Tuesday, December 9, 2008

The early history of the comma

From the Dec. 1 Message from the Rev. Martha N. Macgill, rector of Baltimore's Memorial Episcopal Church:

In Sunday's sermon, I took a page from English Grammar class---in particular, the comma.

It seems that the comma was first invented in 200 B.C. by Aristophanes of Bysantium, who was a librarian in Alexandria, Egypt. Aristophanes concocted a three-part system of dramatic notation advising actors when to breathe in preparation for their lines.

Indeed, the use of the comma down through the ages was to guide actors, chanters and readers through stretches of manuscript--indicating where to pause and accentuating matters of sense and sound.
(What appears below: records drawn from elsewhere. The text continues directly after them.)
/// Takes the last chunk of a file out, and lists it no more.
fn undo_add(
    tree: &mut Tree,
    refs: &mut Refs,
    inverse: &TreeInverse,
    path: &Path,
) -> Result<(), Refusal>
    requires { inverse.now ≡ TreeInverse.Added path.now }
    ensures undo { TakesOneBack inverse.now (names_of tree.old refs.old) result (names_of tree.new refs.new) }
    ensures memory { IfErr result (λ e. e ≡ Refusal.BadLine) }
{
    let Some(chunk) = last_chunk_of(tree, path) else {
        return Err(Refusal::BadLine);
    };
    if refs.count(chunk) != Some(1) {
        return Err(Refusal::BadLine);
    }
    match tree.undo(inverse) {
        Ok(()) => {
            let _ = refs.unlist(chunk);
            Ok(())
        }
        Err(refusal) => Err(refusal),
    }
}

/// Puts a chunk back that a file had at a place. The one that stands there is listed no more.
fn undo_change(
    tree: &mut Tree,
    refs: &mut Refs,
    inverse: &TreeInverse,
    path: &Path,
    index: usize,
    old: Handle,
) -> Result<(), Refusal>
    requires { inverse.now ≡ TreeInverse.Changed path.now index old }
    ensures undo { TakesOneBack inverse.now (names_of tree.old refs.old) result (names_of tree.new refs.new) }
    ensures memory { IfErr result (λ e. e ≡ Refusal.BadLine) }
{
    let Some(chunk) = chunk_at(tree, path, index) else {
        return Err(Refusal::BadLine);
    };
    if !may_return(refs, chunk, old) {
        return Err(Refusal::BadLine);
    }
    match tree.undo(inverse) {
        Ok(()) => {
            give_back(refs, chunk, old);
            Ok(())
        }
        Err(refusal) => Err(refusal),
    }
}

/// Whether a chunk of one reference can give it to another that is listed.
fn may_return(refs: &Refs, chunk: Handle, old: Handle) -> bool
    ensures { result ≡ (is_one (fin_map.get refs.now chunk) && (not (chunk == old) && has_room (fin_map.get refs.now old))) }
{
    if refs.count(chunk) != Some(1) || chunk == old {
        return false;
    }
    match refs.count(old) {
        None => false,
        Some(count) => count < u32::MAX,
    }
}

/// Gives the one reference of a chunk to another, and lists the first no more.
fn give_back(refs: &mut Refs, chunk: Handle, old: Handle)
    requires { (is_one (fin_map.get refs.old chunk) && (not (chunk == old) && has_room (fin_map.get refs.old old))) ≡ true }
    ensures { refs.new ≡ counts_returned refs.old chunk old }
{
    let _ = refs.unlist(chunk);
    let _ = refs.raise(old);
}

/// The tree of a store, and of each chunk how often it stands in it.
pub struct Names {
    alloc: Global,
    tree: Tree,
    refs: Refs,
}

impl Drop for Names {
    fn drop(self) {
        let Self {
            alloc: _,
            tree: _,
            refs: _,
        } = self;
    }
}

impl Model for Names {
    ghost use Rattle.gs_edit.specs.View.{NamesView, coded_names};

    ghost Value = { NamesView };

    ghost coded = { coded_names };

    ghost view = { λ a. record { tree = a.tree; refs = a.refs } };
}
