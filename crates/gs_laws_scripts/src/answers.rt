//! What a script answers is a function of its input.

ghost use Rattle.gs_laws_scripts.specs.answers.Plain.{begins};
ghost use Rattle.gs_laws_scripts.specs.answers.Room.{TicksMakeRoom};
ghost use Rattle.gs_laws_scripts.specs.answers.Laws.{DesksBeginAsPlain, LinesAnswerAsPlain, ScriptsAnswerAsPlain, ScriptsAnswerAlike};

/// Over empty disks, and where memory isn't wanting and no disk of the master fails, what a line is answered, and what is left, is what a function gives
/// that knows no disks: of the line, the client, and what stood without the disks. It begins with a new desk. So the texts that a script writes of which
/// each line is read and each answer written are a function of the configuration and the input, where memory was never wanting and the disks have failed
/// no more often in the end than at the start. Two such scripts of one configuration and input write the same, whichever empty disks they have.
pub fn a_script_answers_its_input<D>()
    ensures begins { DesksBeginAsPlain D }
    ensures line { LinesAnswerAsPlain D }
    ensures script { ScriptsAnswerAsPlain D }
    ensures twice { ScriptsAnswerAlike D }
{}

/// A `tick` is answered `ok`, and the master ticks first. Say no disk has failed, and the master stands firm and steady. Say 4,096 records stand
/// behind its last checkpoint, those of this tick among them, a generation is left, no upgrade is being prepared, and a checkpoint of what stands
/// has room on a disk. Then that checkpoint alone is what its journal says right behind its tick. It is said where the desk has noted no want of
/// memory, before the tick or in it, and no disk fails in it. So what stood in the journal before takes no room there any more. Whether a later
/// line finds room isn't said.
pub fn a_tick_makes_room<D>()
    ensures { TicksMakeRoom D }
{}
The best quote about commas comes from Richard Mulcaster in 1582. Mulcaster wrote The First Part of the Elementarie, and in it he called the comma that "small crooked point, which in writing followeth some small branch of sentence, and in reading, warneth us to rest there and help our breath a little."

It seems to me that Advent is really the comma of the liturgical year. If we allow Advent to enter our hearts and minds this time of year, perhaps we can pause for a moment and catch our breath---in this one of the busiest seasons of the year.

Our readings in Advent encourage us to watch, to wait, to pause, to breathe.